Pre-trade, historical data is essential in market analysis that influences trading strategies, particularly algorithmic and automated strategies that consider multiple data references to inform trading triggers and directions. Analysts rely on historical trade data to identify trends and patterns that may influence future market direction – and in turn, associated trading decisions. Post-execution, trades must be reconciled and reported in different ways to different internal and external audiences – counterparties, clients and regulatory reporting venues.

Reference data is absolutely critical to this process – it is the essential data that makes sense of every trade and enables transactions to be decoded and interpreted across the trading cycle. At the same time, the multitude of data points required to identify different trading venues, counterparties, asset classes – and the complexity of the products, particularly in the derivatives market – creates a vast pool of reference data, which can be very tricky to manage. As observed in our previous articles, this complexity is exacerbated further by the lack of consistency – and indeed lack of industry standards – in the way any traded instrument might be described. Different venues and data aggregation services may call the same thing by a slightly – or entirely – different name.

To illustrate this point, a firm might be taking data from ICE, Eurex and the European Energy Exchange, and perhaps other consolidated feeds from big data aggregators, which may all be delivered in different formats that cause programming and processing headaches.

Still no sign of data standardisation

As Stephen Bruel, Coalition Greenwich, noted in a recent article (March 2024): “Derivatives are an integral component of the financial and asset management ecosystem and the potential for increasing volatility in an environment of elevated interest rates and economic uncertainty has shined a spotlight directly on the market structure that supports these instruments. Accommodating additional volumes and complexity requires an improved operating environment. [For] intermediaries in the derivatives market, the development and adoption of operational standards at the global level would be a game changer.”

In addition to a lack of standardisation in what things are called, financial intermediaries and counterparties have the added challenge of how they access data – for some banks this can mean having to have 100s of different feeds from multiple exchanges and venues and associated processes to assimilate the data and map vendor codes to various front, middle and back office applications. Trading businesses and firms can do this themselves, of course, by resourcing and building internal knowledge and expertise in these disciplines. In-house developers may be tasked with creating programmes to ingest and standardise data in multiple different formats. The challenge, of course, is the moving feast of trading venues, traded instruments and trading counterparties.
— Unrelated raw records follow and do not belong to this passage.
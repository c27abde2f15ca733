//! Blocks of which nothing is held but their lengths: the rest goes by through a small piece.
ghost use Rattle.std.specs.Prelude.{◌≡◌, ◌≤◌, ◌%◌, length, IsTrue};
ghost use Rattle.pcap_file.specs.Reading.{supply};
ghost use Rattle.pcapng_file.specs.Passing.{Skips, HasSecond, PassesOver, begun};
ghost use Rattle.pcapng_file.specs.declared.block.Kind.TheVariants.{Other};

use crate::block::{HEAD, Head};
use crate::fault::{NgError, NgWhy, fault};
use crate::packet::Content;
use crate::reading::Block;
use fab_base::{Depot, Failed};
use pcap_file::{Ahead, number_at};

const PIECE: usize = 512;

// A block of another kind, whose first 12 bytes these are: its second length is compared.
pub(crate) fn pass_over<D: Depot>(
    depot: &mut D,
    slot: u32,
    ahead: &mut Ahead,
    front: &[u8],
    head: Head,
    at: u64,
) -> Result<Option<Block>, NgError>
    requires input { IsTrue ((D.seen depot.old).input slot) }
    requires front { length front.now ≡ 12 }
    requires size { (12 ≤ head.size) × (head.size % 4 ≡ 0) }
    requires other { head.kind ≡ Other }
    ensures passes { PassesOver slot at (begun front.now head)
        (supply ahead.old (D.seen depot.old)) (supply ahead.new (D.seen depot.new)) result }
{
    match second_length(depot, slot, ahead, front, head) {
        Ok(Some(size)) => {
            if size != head.size {
                return Err(fault(at, NgWhy::Length));
            }
            Ok(Some(Block {
                size,
                content: Content::Nothing,
            }))
        }
        Ok(None) => Err(fault(at, NgWhy::Cut)),
        Err(failed) => Err(NgError::Read(failed)),
    }
}

// The length that stands at a block's end, or none where the bytes end before.
fn second_length<D: Depot>(
    depot: &mut D,
    slot: u32,
    ahead: &mut Ahead,
    front: &[u8],
    head: Head,
) -> Result<Option<u32>, Failed>
    requires input { IsTrue ((D.seen depot.old).input slot) }
    requires front { length front.now ≡ 12 }
    requires size { (12 ≤ head.size) × (head.size % 4 ≡ 0) }
    ensures second { HasSecond slot (begun front.now head)
        (supply ahead.old (D.seen depot.old)) (supply ahead.new (D.seen depot.new)) result }
{
    let size = head.size as usize;
    if size == HEAD {
        return Ok(Some(number_at(head.big, front, HEAD - 4)));
    }
    let middle = size - HEAD - 4;
    if skip(depot, slot, ahead, middle)? < middle {
        return Ok(None);
    }
    let mut last = [0u8; 4];
    if ahead.pull(depot, slot, &mut last)? < 4 {
        return Ok(None);
    }
    Ok(Some(number_at(head.big, &last, 0)))
}

// Passes over so many bytes, and answers how many there were: fewer only at the end.
fn skip<D: Depot>(
    depot: &mut D,
    slot: u32,
    ahead: &mut Ahead,
    count: usize,
) -> Result<usize, Failed>
    requires { IsTrue ((D.seen depot.old).input slot) }
    ensures skips { Skips slot count (supply ahead.old (D.seen depot.old))
        (supply ahead.new (D.seen depot.new)) result }
{
    let mut piece = [0u8; PIECE];
    let mut passed = 0;
    while passed < count {
        let wanted = (count - passed).min(PIECE);
        let got = ahead.pull(depot, slot, &mut piece[..wanted])?;
        passed += got;
        if got < wanted {
            return Ok(passed);
        }
    }
    Ok(passed)
}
There’s an element of Whackamole here – as fast as one data normalisation and mapping is resolved, another will have emerged.
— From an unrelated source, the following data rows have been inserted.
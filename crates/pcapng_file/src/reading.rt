//! Reading a file block by block through one buffer.
ghost use Rattle.std.specs.Prelude.{◌≡◌, ◌≤◌, ◌<◌, ◌+◌, ◌++◌, ◌∷◌, []};
ghost use Rattle.std.specs.Prelude.{length, IsTrue, OnOk, OnErr, IfOk, Some, ◌==◌, ◌&&◌, is_some};
ghost use Rattle.pcap_file.specs.Reading.{supply};
ghost use Rattle.pcapng_file.specs.File.{Section, NgReads, BlockRead, after, found, listed};
ghost use Rattle.pcapng_file.specs.File.{before_all, place, counted};

use crate::block::{HEAD, Interface, Kind, read_head};
use crate::fault::{NgError, NgLimit, NgWhy, fault};
use crate::packet::{Content, read_block};
use crate::passing::pass_over;
use crate::{NgRecord, NgRecords};
use fab_base::{Depot, NoMemory, OwnedList};
use pcap_file::{Ahead, Budget};
use std::alloc::{AllocError, Global};
use std::marker::Model;

// A block: its total length, and what it says.
#[derive(Debug, Drop)]
pub(crate) struct Block {
    pub(crate) size: u32,
    pub(crate) content: Content,
}

// The byte order and the interfaces of a section so far; before the first section there is none.
#[derive(Debug, Drop)]
pub(crate) struct SoFar {
    pub(crate) order: Option<bool>,
    pub(crate) faces: Vec<Interface>,
}

impl Model for SoFar {
    ghost Value = { Section };

    ghost view = { λ s. record { order = s.order; faces = s.faces.items } };
}

impl SoFar {
    pub(crate) fn new(alloc: Global) -> SoFar
        ensures { result ≡ before_all }
    {
        SoFar {
            order: None,
            faces: Vec::new(alloc),
        }
    }

    fn begin(&mut self, big: bool)
        ensures { self.new ≡ record { order = Some big; faces = [] } }
    {
        self.order = Some(big);
        self.faces.clear();
    }

    fn add(&mut self, face: Interface) -> Result<(), NoMemory>
        ensures ok { OnOk result (self.new ≡ record self.old {
          faces = self.old.faces
              ++ face ∷ [];
        }) }
    {
        match self.faces.push(face) {
            Ok(()) => Ok(()),
            Err(_) => Err(NoMemory),
        }
    }

    // Goes past a block, and answers its packet, if it has one.
    pub(crate) fn enter(&mut self, content: Content) -> Result<Option<NgRecord>, NoMemory>
        ensures section { OnOk result (self.new ≡ after self.old content) }
        ensures packet { IfOk result (λ o. listed o ≡ found content) }
        ensures refused { OnErr result (found content ≡ []) }
    {
        match content {
            Content::Section(big) => {
                self.begin(big);
                Ok(None)
            }
            Content::Interface(face) => {
                self.add(face)?;
                Ok(None)
            }
            Content::Packet(record) => Ok(Some(record)),
            Content::Nothing => Ok(None),
        }
    }
}

/// The packets of a pcapng file, read from an open input to its end.
pub fn read_ng<D: Depot>(
    alloc: Global,
    depot: &mut D,
    slot: u32,
    budget: &mut Budget,
) -> Result<NgRecords, NgError>
    requires input { IsTrue ((D.seen depot.old).input slot) }
    ensures reads { NgReads slot (D.seen depot.old)
        (D.seen depot.new) budget.old budget.new result }
{
    let Ok(mut records) = OwnedList::new(alloc) else {
        return Err(NgError::Memory);
    };
    let mut ahead = Ahead::new();
    let mut section = SoFar::new(alloc);
    let start = budget.bytes;
    let mut left = *budget;
    loop {
        let at = start - left.bytes;
        let next = match next_block(alloc, depot, slot, &mut ahead, &section, left, at) {
            Ok(next) => next,
            Err(error) => return Err(error),
        };
        let Some(block) = next else {
            *budget = left;
            return Ok(records);
        };
        left.bytes -= block.size as u64;
        left.frames -= block.content.frames();
        match take(alloc, block.content, &mut section, &mut records) {
            Ok(()) => {}
            Err(_) => return Err(NgError::Memory),
        }
    }
}

// What a block changes.
fn take(
    alloc: Global,
    content: Content,
    section: &mut SoFar,
    records: &mut NgRecords,
) -> Result<(), NoMemory>
    ensures section { OnOk result (section.new ≡ after section.old content) }
    ensures records { OnOk result (records.new ≡ records.old ++ found content) }
{
    match section.enter(content)? {
        Some(record) => records.push(alloc, record),
        None => Ok(()),
    }
}

// The next block, or none at the end, by the tests in their order.
pub(crate) fn next_block<D: Depot>(
    alloc: Global,
    depot: &mut D,
    slot: u32,
    ahead: &mut Ahead,
    section: &SoFar,
    budget: Budget,
    at: u64,
) -> Result<Option<Block>, NgError>
    requires input { IsTrue ((D.seen depot.old).input slot) }
    ensures reads { BlockRead slot (place at section.now budget)
        (supply ahead.old (D.seen depot.old)) (supply ahead.new (D.seen depot.new)) result }
{
    let mut front = [0u8; HEAD];
    let got = match ahead.pull(depot, slot, &mut front) {
        Ok(got) => got,
        Err(failed) => return Err(NgError::Read(failed)),
    };
    if is_end(got, section.order) {
        return Ok(None);
    }
    if got < HEAD {
        return Err(fault(at, NgWhy::Cut));
    }
    let head = match read_head(section.order, &front) {
        Ok(head) => head,
        Err(why) => return Err(fault(at, why)),
    };
    if budget.bytes < head.size as u64 {
        return Err(NgError::Limit(NgLimit::Bytes));
    }
    if head.kind == Kind::Other {
        return pass_over(depot, slot, ahead, &front, head, at);
    }
    let mut body = vec![in alloc; 0u8; head.size as usize - HEAD]?;
    match ahead.pull(depot, slot, &mut body) {
        Ok(got) => {
            if got < body.len() {
                return Err(fault(at, NgWhy::Cut));
            }
        }
        Err(failed) => return Err(NgError::Read(failed)),
    }
    let block = concatenated(alloc, &front, &body)?;
    let content = read_block(alloc, at, head, &section.faces, &block)?;
    within_frames(budget, head.size, content)
}

// A whole block, where a frame is left for the packet in it.
fn within_frames(budget: Budget, size: u32, content: Content) -> Result<Option<Block>, NgError>
    ensures { result ≡ counted budget size content }
{
    if budget.frames < content.frames() {
        return Err(NgError::Limit(NgLimit::Frames));
    }
    Ok(Some(Block { size, content }))
}

// Whether a file ends where so many bytes of a block are left: between two blocks of a section.
fn is_end(got: usize, order: Option<bool>) -> bool
    ensures { result ≡ (got == 0 && is_some order) }
{
    got == 0 && order.is_some()
}

// The bytes of a block: its first ones and then the others.
fn concatenated(alloc: Global, front: &[u8], body: &[u8]) -> Result<Vec<u8>, AllocError>
    ensures { IfOk result (λ v. v.items ≡ front.now ++ body.now) }
{
    let mut block = Vec::new(alloc);
    block.extend_from_slice(front)?;
    block.extend_from_slice(body)?;
    Ok(block)
}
Alternatively, firms can make life easier for themselves by connecting to a data provider like FOW to manage the data normalisation and mapping complexities, acting as a single source of data that can be relied upon as the ‘golden truth’ to support all of the workflows and processes in each trading business ecosystem. This approach mitigates concerns about the quality and integrity of the reference data being fed into the transaction lifecycle ‘machine’, removing a great deal of pain and effort from the data management process.
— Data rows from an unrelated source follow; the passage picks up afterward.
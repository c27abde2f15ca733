//! A whole block, and the packet in it.
ghost use Rattle.std.specs.Prelude.{◌≡◌, ◌≤◌, ◌<◌, ◌+◌, ◌*◌};
ghost use Rattle.std.specs.Prelude.{◌/◌, ◌%◌, ◌^◌, length, slice_get, IfOk, IfErr};
ghost use Rattle.pcapng_file.specs.Block.{least, body_read, packet_read, timed_read, stored};
ghost use Rattle.pcapng_file.specs.File.{AsksLast, TellsRead, NotRead, IsPacketKept, AreKept};
ghost use Rattle.pcapng_file.specs.File.{at_fault, found, frames_of};

use crate::NgRecord;
use crate::block::{Head, Interface, Kind, is_version, read_interface};
use crate::fault::{NgError, NgWhy, fault};
use crate::options::padded;
use fab_base::{Bytes, Caught, Moment};
use pcap_file::{ETHERNET, LAST_SECOND, MOST_STORED, number_at};
use std::alloc::Global;

// What a block says.
#[derive(Debug, Drop)]
pub(crate) enum Content {
    Section(bool),
    Interface(Interface),
    Packet(NgRecord),
    Nothing,
}

// The finest unit is 10^-9 seconds.
const FINEST: u8 = 9;

impl Content {
    // How many frames it takes.
    pub(crate) fn frames(&self) -> u64
        ensures value { result ≡ frames_of self.now }
        ensures bound { result ≤ 1 }
    {
        match self {
            Content::Packet(_) => 1,
            _ => 0,
        }
    }
}

// What a whole block at a place says, or the first fault in it.
#[tactic(auto, unfolding(crate::specs::Block::body_read, crate::specs::Block::packet_read))]
pub(crate) fn read_block(
    alloc: Global,
    at: u64,
    head: Head,
    faces: &[Interface],
    block: &[u8],
) -> Result<Content, NgError>
    requires size { length block.now ≡ head.size }
    requires least { least head.kind ≤ head.size }
    ensures tells { TellsRead (at_fault at (body_read head faces.now block.now)) result }
    ensures own { IfErr result NotRead }
    ensures asks { AsksLast (body_read head faces.now block.now) result }
    ensures kept { IfOk result (λ content. AreKept (found content)) }
{
    let Head { kind, big, size } = head;
    if number_at(big, block, block.len() - 4) != size {
        return Err(fault(at, NgWhy::Length));
    }
    match kind {
        Kind::Section => {
            if !is_version(big, block) {
                return Err(fault(at, NgWhy::Version));
            }
            Ok(Content::Section(big))
        }
        Kind::Interface => match read_interface(big, block) {
            Some(face) => Ok(Content::Interface(face)),
            None => Err(NgError::Fault {
                at,
                why: NgWhy::Options,
            }),
        },
        Kind::Packet => match read_packet(alloc, at, big, faces, block) {
            Ok(record) => Ok(Content::Packet(record)),
            Err(error) => Err(error),
        },
        Kind::Simple => Err(NgError::Fault {
            at,
            why: NgWhy::Simple,
        }),
        Kind::Other => Ok(Content::Nothing),
    }
}

#[tactic(auto, unfolding(crate::specs::Block::packet_read, crate::specs::Block::timed_read))]
fn read_packet(
    alloc: Global,
    at: u64,
    big: bool,
    faces: &[Interface],
    block: &[u8],
) -> Result<NgRecord, NgError>
    requires { 32 ≤ length block.now }
    ensures tells { TellsRead (at_fault at (packet_read big faces.now block.now)) result }
    ensures own { IfErr result NotRead }
    ensures asks { AsksLast (packet_read big faces.now block.now) result }
    ensures kept { IfOk result IsPacketKept }
{
    if block.len() - 32 < padded(number_at(big, block, 20) as usize) {
        return Err(fault(at, NgWhy::Length));
    }
    match interface_at(faces, number_at(big, block, 8)) {
        Some(face) => read_of(alloc, at, face, big, block),
        None => Err(NgError::Fault {
            at,
            why: NgWhy::Interface,
        }),
    }
}

// The interface of that number in its section.
fn interface_at(faces: &[Interface], number: u32) -> Option<Interface>
    ensures { result ≡ slice_get faces.now number }
{
    faces.get(number as usize).copied()
}

// A packet of an interface. Its bytes don't pass the block.
#[tactic(auto, unfolding(crate::specs::Block::timed_read))]
fn read_of(
    alloc: Global,
    at: u64,
    face: Interface,
    big: bool,
    block: &[u8],
) -> Result<NgRecord, NgError>
    requires whole { 32 + stored big block.now ≤ length block.now }
    ensures tells { TellsRead (at_fault at (timed_read face big block.now)) result }
    ensures own { IfErr result NotRead }
    ensures asks { AsksLast (timed_read face big block.now) result }
    ensures kept { IfOk result IsPacketKept }
{
    if u32::from(face.link) != ETHERNET {
        return Err(fault(at, NgWhy::Link));
    }
    if face.resolution > FINEST {
        return Err(fault(at, NgWhy::Resolution));
    }
    if face.offset {
        return Err(fault(at, NgWhy::Offset));
    }
    let units = (number_at(big, block, 12) as u64) * (1 << 32) + number_at(big, block, 16) as u64;
    let second = power(face.resolution);
    if units / second > LAST_SECOND {
        return Err(fault(at, NgWhy::Time));
    }
    let stored = number_at(big, block, 20);
    if stored > MOST_STORED {
        return Err(fault(at, NgWhy::Long));
    }
    let original = number_at(big, block, 24);
    let Ok(bytes) = Bytes::copy(alloc, &block[28..28 + stored as usize]) else {
        return Err(NgError::Memory);
    };
    Ok(NgRecord {
        moment: Moment(milliseconds(units, second)),
        caught: Caught {
            bytes,
            whole: stored >= original,
        },
        original,
        face: number_at(big, block, 8),
    })
}

// The units of a second.
fn power(resolution: u8) -> u64
    requires { resolution ≤ 9 }
    ensures value { result ≡ 10 ^ resolution }
    ensures bounds { (1 ≤ result) × (result ≤ 1000000000) }
{
    match resolution {
        0 => 1,
        1 => 10,
        2 => 100,
        3 => 1000,
        4 => 10_000,
        5 => 100_000,
        6 => 1_000_000,
        7 => 10_000_000,
        8 => 100_000_000,
        _ => 1_000_000_000,
    }
}

// A time in whole milliseconds, rounded down.
fn milliseconds(units: u64, second: u64) -> u64
    requires second { (1 ≤ second) × (second ≤ 1000000000) }
    requires small { units / second < 2 ^ 32 }
    ensures value { result ≡ units * 1000 / second }
    ensures small { result < 2 ^ 32 * 1000 }
{
    units / second * 1000 + units % second * 1000 / second
}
It’s also important to emphasise that because FOW focus specifically on futures and options reference data, we are a true ‘subject matter expert’ that has built up an enormous knowledge and experience base. FOW has a vested interest in ensuring we are always in step with industry trends, movements and changes, and able to respond quickly to seamlessly assimilate new data, and data fields, into our service mix, normalised and standardised as required to deliver the data to our customers.

Providing a single set of normalised, pre-formatted and even pre-mapped data for multiple exchange and trading venue feeds simply makes more sense, not least because of the benefits of scale that can be delivered in terms of adding new venues and instruments into the mix.